Learner Profiles

Ana: The Grad Student with a Growing Codebase

Ana is a second-year PhD student in computational chemistry. She writes Python scripts daily to process simulation data and generate plots. Her analysis/ folder has grown to dozens of files, and she frequently copies functions between projects. She has heard of pip install but has never created her own package. She wants to organize her code so that her labmates can use it without needing to clone her entire project directory.

Ana will benefit most from the episodes on modules, pyproject.toml with uv, and quality assurance. She needs to learn how to turn her collection of scripts into an installable package and add basic tests so her labmates can trust the code.

Raj: The Postdoc Who Needs Reproducibility

Raj is a postdoc in materials science. He has published two papers where reviewers asked for the analysis code, and each time he spent days getting scripts to run on a clean machine. His code depends on numpy, scipy, and a Fortran library he inherited from a former group member. He is comfortable with Python but has never written a pyproject.toml or used a build system.

Raj will benefit from the full lesson arc, especially reproducible scripts, release engineering, and compiled extensions.
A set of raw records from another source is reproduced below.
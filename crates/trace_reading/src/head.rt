//! The three lines of the head.
ghost use Rattle.std.specs.Prelude.{◌≡◌, ◌⊎◌, ℕ, ◌-◌, List, [], ◌∷◌, ◌++◌, slice_index_or, None, MatchOption};
ghost use Rattle.std.specs.Str.Parse.{digits_value};
ghost use Rattle.trace_reading.specs.Causes.{parts, number_cause, title_cause};
ghost use Rattle.heap_words.specs.declared.config.Config.{Config};
ghost use Rattle.heap_words.specs.Narrow.{IsNarrow};
ghost use Rattle.trace_reading.specs.Spelling.{IsVersion, header};
ghost use Rattle.trace_reading.specs.Refused.{cause_of, StopsAt};
ghost use Rattle.trace_reading.specs.Refused as stage;

use crate::numbers::{is_number, numbers_cause};
use crate::parts::{count_words, cut, next_word};
use crate::{Why, value_of};

/// Why a line is none of this title and of numbers in these ranges.
fn title_cause(title: &[u8], ranges: &[(u64, u64)], text: &[u8]) -> Option<Why>
    ensures { result ≡ title_cause title.now ranges.now (parts 32 text.now) }
{
    let (word, words) = cut(b' ', text);
    if word == title && count_words(words) == ranges.len() {
        numbers_cause(ranges, words)
    } else {
        Some(Why::Header)
    }
}

/// The most regions that may be reserved on a line of the heap: one fewer than there are. Where their number is none, any.
fn most_reserved(text: &[u8]) -> u64
    ensures { number_cause 4 64 (slice_index_or (parts 32 text.now) 1 []) ≡ None → result ≡ digits_value 10 (slice_index_or (parts 32 text.now) 1 []) - 1 }
{
    let (_, words) = cut(b' ', text);
    let Some((word, _)) = next_word(words) else {
        return 0;
    };
    if !is_number(word) {
        return 0;
    }
    match value_of(word) {
        Some(regions) => regions.saturating_sub(1),
        None => 0,
    }
}

/// The line at the front, if it has an end, and the bytes behind it.
pub fn line_at(bytes: &[u8]) -> Option<(&[u8], &[u8])>
    ensures { MatchOption result ((text : List ℕ) × (parts 10 bytes.now ≡ text ∷ [])) (λ cut. parts 10 bytes.now ≡ cut.0.now ∷ parts 10 cut.1.now) }
{
    let (text, end) = cut(b'\n', bytes);
    let (_, rest) = end.split_first()?;
    Some((text, rest))
}

/// Why no line of the version stands at the front.
fn version_cause(bytes: &[u8]) -> Option<Why>
    ensures { result ≡ cause_of stage.Version (parts 10 bytes.now) }
{
    match line_at(bytes) {
        Some((text, _)) => title_cause(b"shen", &[(1, 2)], text),
        None => Some(Why::EndOfLine),
    }
}

/// Why no line of the heap stands at the front.
fn heap_cause(bytes: &[u8]) -> Option<Why>
    ensures { (version : ℕ) → result ≡ cause_of (stage.Heap version) (parts 10 bytes.now) }
{
    match line_at(bytes) {
        Some((text, _)) => title_cause(
            b"heap",
            &[(4, 64), (64, 1024), (0, most_reserved(text))],
            text,
        ),
        None => Some(Why::EndOfLine),
    }
}

/// Why no line of the threads stands at the front.
fn threads_cause(bytes: &[u8]) -> Option<Why>
    ensures { (version regions region_words reserve : ℕ) → result ≡ cause_of (stage.Threads version regions region_words reserve) (parts 10 bytes.now) }
{
    match line_at(bytes) {
        Some((text, _)) => title_cause(b"threads", &[(1, 8), (0, 3)], text),
        None => Some(Why::EndOfLine),
    }
}

/// What is behind the first line, or nothing where it has no end.
fn behind_line(bytes: &[u8]) -> &[u8]
    ensures { (text : List ℕ) × ((parts 10 bytes.now ≡ text ∷ []) ⊎ (parts 10 bytes.now ≡ text ∷ parts 10 result.now)) }
{
    match line_at(bytes) {
        Some((_, rest)) => rest,
        None => &[],
    }
}

/// A line of the head that is refused.
#[derive(Clone, Copy)]
pub struct Refusal {
    /// The line, counted from 1.
    pub line: u64,
    /// The first cause that holds for it.
    pub why: Why,
}

/// The first line of a trace's head that is refused, and why. None: the bytes begin with a head.
pub fn head_refusal(bytes: &[u8]) -> Option<Refusal>
    ensures { MatchOption result ((version : ℕ) × (config : Config) × (rest : List ℕ) × IsVersion version × IsNarrow config × (bytes.now ≡ header version config ++ rest)) (λ refusal. StopsAt bytes.now refusal.line refusal.why) }
{
    if let Some(why) = version_cause(bytes) {
        return Some(Refusal { line: 1, why });
    }
    let heap = behind_line(bytes);
    if let Some(why) = heap_cause(heap) {
        return Some(Refusal { line: 2, why });
    }
    let why = threads_cause(behind_line(heap))?;
    Some(Refusal { line: 3, why })
}
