//! Buffers of seats in a pause: which ones end at the top of their region, and what becomes of them.

ghost use Rattle.std.specs.Prelude.{◌≡◌, ◌≢◌, ◌-◌, ◌<◌, ◌&&◌, nat_lt, if◌then◌else◌};
ghost use Rattle.heap_words.specs.Ranges.{seat_count};
ghost use Rattle.heap_words.specs.Words.{Current};
ghost use Rattle.heap_words.specs.Encoding.{next_in};
ghost use Rattle.regions.specs.Place.{base_of};
ghost use Rattle.image_graph.specs.SeatBuffers as buffers;
ghost use Rattle.image_graph.specs.SeatBuffers.{IsInside, AreInside, filled_over};
ghost use Rattle.image_graph.specs.Settled.{settled_at, buffers_settled};
ghost use Rattle.image_graph.specs.LetGo.{given_back, let_go_at, let_go};
ghost use Rattle.image_graph.specs.Edge as edges;
ghost use Rattle.image_graph.specs.State.{config_of, memory_of};
ghost use Rattle.image_graph.specs.Buffers.{SettlingHolds, LettingGoHolds};

use crate::image::Image;
use heap_words::{Config, end_of, filler, next_of};
use regions::base;

// The number of the region of a buffer, by its word.
fn region_of_buffer(config: Config, word: u64) -> u64
    ensures { result ≡ buffers.buffer_region config word }
{
    let last = end_of(word).saturating_sub(1);
    (last / config.region_words() as u64).saturating_sub(1)
}

impl Image {
    // Whether a buffer ends at the top of its region, by its word.
    fn is_last(&self, word: u64) -> bool
        requires { buffers.buffer_region (config_of self.now) word < (config_of self.now).regions }
        ensures { result ≡ buffers.is_last (config_of self.now) (memory_of self.now) word }
    {
        let region = region_of_buffer(self.config, word) as usize;
        let base = base(self.config, region);
        let end = end_of(word);
        base <= end && end - base == self.top(region)
    }

    // Whether a seat has a buffer in a region that ends at its top.
    fn is_last_in(&self, region: usize, seat: usize) -> bool
        requires region { region < (config_of self.now).regions }
        requires seat { seat < seat_count (config_of self.now).mutators (config_of self.now).helpers }
        ensures { result ≡ edges.is_last_in (config_of self.now) (memory_of self.now) region seat }
    {
        let word = self.word(self.config.cur_at(seat));
        if word == 0 || region_of_buffer(self.config, word) != region as u64 {
            return false;
        }
        self.is_last(word)
    }

    // The lesser of an edge, and of where the free words of a seat's buffer begin, if it ends at the top of the region.
    fn edge_with(&self, region: usize, seat: usize, edge: u64) -> u64
        requires region { region < (config_of self.now).regions }
        requires seat { seat < seat_count (config_of self.now).mutators (config_of self.now).helpers }
        ensures { result ≡ (if edges.is_last_in (config_of self.now) (memory_of self.now) region seat && nat_lt (next_in (memory_of self.now (Current seat)) - base_of (config_of self.now) region) edge then next_in (memory_of self.now (Current seat)) - base_of (config_of self.now) region else edge) }
    {
        if !self.is_last_in(region, seat) {
            return edge;
        }
        let next = next_of(self.word(self.config.cur_at(seat)));
        edge.min(next.saturating_sub(base(self.config, region)))
    }

    /// The edge of a region: how many words from its base on are in use, but for the free words of a buffer that ends at its
    /// top. Takes time linear in the number of seats.
    pub fn edge(&self, region: usize) -> u64
        requires { region < (config_of self.now).regions }
        ensures { result ≡ edges.edge (config_of self.now) (memory_of self.now) region }
    {
        let mut edge = self.top(region);
        for seat in 0..self.config.seats() {
            edge = self.edge_with(region, seat, edge);
        }
        edge
    }

    // Makes the free words of a buffer, if it has some, words that only fill.
    fn fill(&mut self, word: u64)
        requires { IsInside (config_of self.old) word }
        ensures config { config_of self.new ≡ config_of self.old }
        ensures words { memory_of self.new ≡ filled_over (memory_of self.old) word }
    {
        let next = next_of(word);
        let end = end_of(word);
        if next < end {
            let at = self.config.heap_at(next);
            self.set_word(at, filler(end - next));
        }
    }

    // Gives back the free words of a buffer that ends at the top of its region.
    fn give_back(&mut self, word: u64)
        requires { IsInside (config_of self.old) word }
        ensures config { config_of self.new ≡ config_of self.old }
        ensures words { memory_of self.new ≡ given_back (config_of self.old) (memory_of self.old) word }
    {
        let config = self.config;
        let region = region_of_buffer(config, word) as usize;
        self.set_word(config.top_at(region), next_of(word) - base(config, region));
    }

    // Settles the buffer of a seat, if it has one.
    fn settle_one(&mut self, seat: usize)
        requires seat { seat < seat_count (config_of self.old).mutators (config_of self.old).helpers }
        requires inside { memory_of self.old (Current seat) ≢ 0 → IsInside (config_of self.old) (memory_of self.old (Current seat)) }
        ensures config { config_of self.new ≡ config_of self.old }
        ensures words { memory_of self.new ≡ settled_at (config_of self.old) (memory_of self.old) seat }
    {
        let at = self.config.cur_at(seat);
        let word = self.word(at);
        if word == 0 || self.is_last(word) {
            return;
        }
        self.fill(word);
        self.set_word(at, 0);
    }

    /// Settles the buffers of seats, before a part of the cycle tells what was allocated since by its region's edge: a buffer
    /// that ends at the top of its region stays; of any other the free words only fill from now on, and its seat has none. Where
    /// the image holds a graph, it holds the same graph afterwards. Takes no memory, and time linear in the number of seats.
    pub fn settle(&mut self)
        requires { AreInside (config_of self.old) (memory_of self.old) }
        ensures config { config_of self.new ≡ config_of self.old }
        ensures words { memory_of self.new ≡ buffers_settled (config_of self.old) (memory_of self.old) }
        ensures holds { SettlingHolds (config_of self.old) (memory_of self.old) (memory_of self.new) }
    {
        for seat in 0..self.config.seats() {
            self.settle_one(seat);
        }
    }

    // Lets go the buffer of a seat, if it has one.
    fn let_go_one(&mut self, seat: usize)
        requires seat { seat < seat_count (config_of self.old).mutators (config_of self.old).helpers }
        requires inside { memory_of self.old (Current seat) ≢ 0 → IsInside (config_of self.old) (memory_of self.old (Current seat)) }
        ensures config { config_of self.new ≡ config_of self.old }
        ensures words { memory_of self.new ≡ let_go_at (config_of self.old) (memory_of self.old) seat }
    {
        let at = self.config.cur_at(seat);
        let word = self.word(at);
        if word == 0 {
            return;
        }
        if self.is_last(word) {
            self.give_back(word);
        } else {
            self.fill(word);
        }
        self.set_word(at, 0);
    }

    /// Lets the buffers of all seats go, one after the other, before a cycle ends at once or the heap is collected in full: the
    /// free words of one that ends at the top of its region are given back, and those of any other only fill from now on. Where
    /// the image holds a graph, it holds the same graph afterwards. Takes no memory, and time linear in the number of seats.
    pub fn let_go(&mut self)
        requires { AreInside (config_of self.old) (memory_of self.old) }
        ensures config { config_of self.new ≡ config_of self.old }
        ensures words { memory_of self.new ≡ let_go (config_of self.old) (memory_of self.old) }
        ensures holds { LettingGoHolds (config_of self.old) (memory_of self.old) (memory_of self.new) }
    {
        for seat in 0..self.config.seats() {
            self.let_go_one(seat);
        }
    }
}
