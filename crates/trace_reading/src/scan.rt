//! Reading from left to right.
ghost use Rattle.std.specs.Prelude.{◌≡◌, ℕ, ◌+◌, ◌-◌, ◌*◌, ◌≤◌, ◌^◌, length, take, MatchOption};
ghost use Rattle.std.specs.Int.{IsInRange};
ghost use Rattle.std.specs.Str.Parse.{AllDigits, digits_value};
ghost use Rattle.std.specs.Option.{option_map};
ghost use Rattle.std.specs.Fmt.{decimal};
ghost use Rattle.trace_reading.specs.Spelling.{IsUpTo};
ghost use Rattle.trace_reading.specs.Scanning.{behind, digit_count, is_numeral, numeral, spelled_number, positive_at, spaced_at, numbers_at};

/// What is behind a text at the front of the bytes.
pub fn text_at<'a>(text: &[u8], bytes: &'a [u8]) -> Option<&'a [u8]>
    ensures { option_map (λ rest. rest.now) result ≡ behind text.now bytes.now }
{
    bytes.strip_prefix(text)
}

/// How many digits stand at the front.
pub fn digits_at(bytes: &[u8]) -> usize
    ensures { result ≡ digit_count bytes.now }
{
    for (count, byte) in bytes.iter().enumerate() {
        if !byte.is_ascii_digit() {
            return count;
        }
    }
    bytes.len()
}

/// The number that these digits spell, if a u64 holds it.
pub fn value_of(digits: &[u8]) -> Option<u64>
    requires { AllDigits 10 digits.now }
    ensures { MatchOption result (2 ^ 64 ≤ digits_value 10 digits.now) (λ number. number ≡ digits_value 10 digits.now) }
{
    let mut value: u64 = 0;
    for digit in digits {
        value = with_digit(value, *digit)?;
    }
    Some(value)
}

/// The number with one digit more.
fn with_digit(value: u64, digit: u8) -> Option<u64>
    requires { IsInRange 48 57 digit }
    ensures { MatchOption result (2 ^ 64 ≤ value * 10 + (digit - 48)) (λ number. number ≡ value * 10 + (digit - 48)) }
{
    value.checked_mul(10)?.checked_add(u64::from(digit - b'0'))
}

/// Some digits of which no needless zero leads.
pub fn is_numeral(digits: &[u8]) -> bool
    ensures { result ≡ is_numeral digits.now }
{
    digits.len() == 1 || (!digits.is_empty() && digits[0] != b'0')
}

/// The number that these digits spell, at most a limit.
#[tactic(auto, unfolding(crate::specs::Scanning::numeral))]
fn numeral(limit: u64, digits: &[u8]) -> Option<u64>
    requires { AllDigits 10 digits.now }
    ensures { result ≡ numeral limit digits.now }
{
    if !is_numeral(digits) {
        return None;
    }
    let value = value_of(digits)?;
    (value <= limit).then_some(value)
}

/// The number that the digits at the front spell, at most a limit, and the bytes behind it.
#[tactic(auto, unfolding(crate::specs::Scanning::spelled_number))]
pub fn number_at(limit: u64, bytes: &[u8]) -> Option<(u64, &[u8])>
    ensures { option_map (λ x. (x.0, x.1.now)) result ≡ spelled_number limit bytes.now }
{
    let (digits, rest) = bytes.split_at(digits_at(bytes));
    let number = numeral(limit, digits)?;
    Some((number, rest))
}

/// The number from 1 on that the digits at the front spell, at most a limit, and the bytes behind it.
#[tactic(auto, unfolding(crate::specs::Scanning::positive_at))]
pub fn positive_at(limit: u64, bytes: &[u8]) -> Option<(u64, &[u8])>
    ensures { option_map (λ x. (x.0, x.1.now)) result ≡ positive_at limit bytes.now }
{
    let (number, rest) = number_at(limit, bytes)?;
    if number == 0 {
        None
    } else {
        Some((number, rest))
    }
}

/// The number from 1 to `most` that a whole text spells. A number has no needless zero in front.
pub fn number_in(most: u64, text: &[u8]) -> Option<u64>
    ensures { MatchOption result ((number : ℕ) → IsUpTo most number → text.now ≡ decimal number → ⊥) (λ number. IsUpTo most number × (text.now ≡ decimal number)) }
{
    let (number, rest) = positive_at(most, text)?;
    if rest.is_empty() { Some(number) } else { None }
}

/// The number after a space, at most a limit.
#[tactic(auto, unfolding(crate::specs::Scanning::spaced_at))]
fn spaced_at(limit: u64, bytes: &[u8]) -> Option<(u64, &[u8])>
    ensures { option_map (λ x. (x.0, x.1.now)) result ≡ spaced_at limit bytes.now }
{
    let rest = text_at(b" ", bytes)?;
    number_at(limit, rest)
}

/// Numbers up to these limits, each after a space, and what is behind them.
pub fn numbers_at<'a>(limits: &[u64], bytes: &'a [u8]) -> Option<([u64; 4], &'a [u8])>
    requires { length limits.now ≤ 4 }
    ensures { option_map (λ x. (take (length limits.now) x.0, x.1.now)) result ≡ numbers_at limits.now bytes.now }
{
    let mut numbers = [0; 4];
    let mut rest = bytes;
    for (i, limit) in limits.iter().enumerate() {
        let (number, after) = spaced_at(*limit, rest)?;
        numbers[i] = number;
        rest = after;
    }
    Some((numbers, rest))
}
He needs to learn how to declare dependencies, pin versions, and build binary wheels that include his Fortran code.

Sofia: The RSE Supporting a Research Group

Sofia is a Research Software Engineer embedded in a physics department. She maintains three internal Python packages and helps researchers publish their code. She is familiar with setuptools and pip but wants to modernize the group’s workflow. She has heard about uv and meson-python but has not tried them yet.

Sofia will use this lesson as a reference for migrating existing projects. The episodes on pyproject.toml with uv, quality assurance, release engineering, and compiled extensions are directly relevant to her daily work.

Liam: The Master’s Student Starting From Scratch

Liam is a first-year Master’s student in bioinformatics. He has taken one Python course and can write basic scripts with pandas. His advisor has asked him to “make his analysis reproducible” and he is not sure where to start. He has never used the terminal beyond running python script.py.

Liam should start from the very beginning of the lesson. The episodes on writing reproducible Python and modules will give him the conceptual foundation he needs before moving on to packaging and tooling.

Elena: The PI Who Wants Better Group Practices

Elena is a tenure-track professor who leads a computational materials science group of eight students and postdocs. She has noticed that onboarding new members takes weeks because each project has its own ad-hoc setup, and published results are difficult to reproduce a year later. She can write Python but delegates most coding to her team.

Elena will not attend the full workshop but needs the instructor notes and setup materials to evaluate whether to adopt these practices group-wide. The episodes on quality assurance, release engineering, and CI/CD are most relevant to her goal of establishing reproducible lab standards.

Marco: The Domain Scientist with Legacy Fortran

Marco is a senior PhD student in theoretical chemistry. His group maintains a Fortran codebase (~15k lines) for electronic structure calculations that dates back to the early 2000s. He has written Python wrappers using ctypes and subprocess calls, but the build process is brittle and only works on the group’s cluster. He wants to make the code installable via pip so collaborators can use it.

Marco will benefit most from the episodes on compiled extensions and release engineering. The Meson build system and cibuildwheel pipeline will directly address his distribution challenge. The documentation and CI/CD episodes are also relevant for maintaining the long-term health of his project.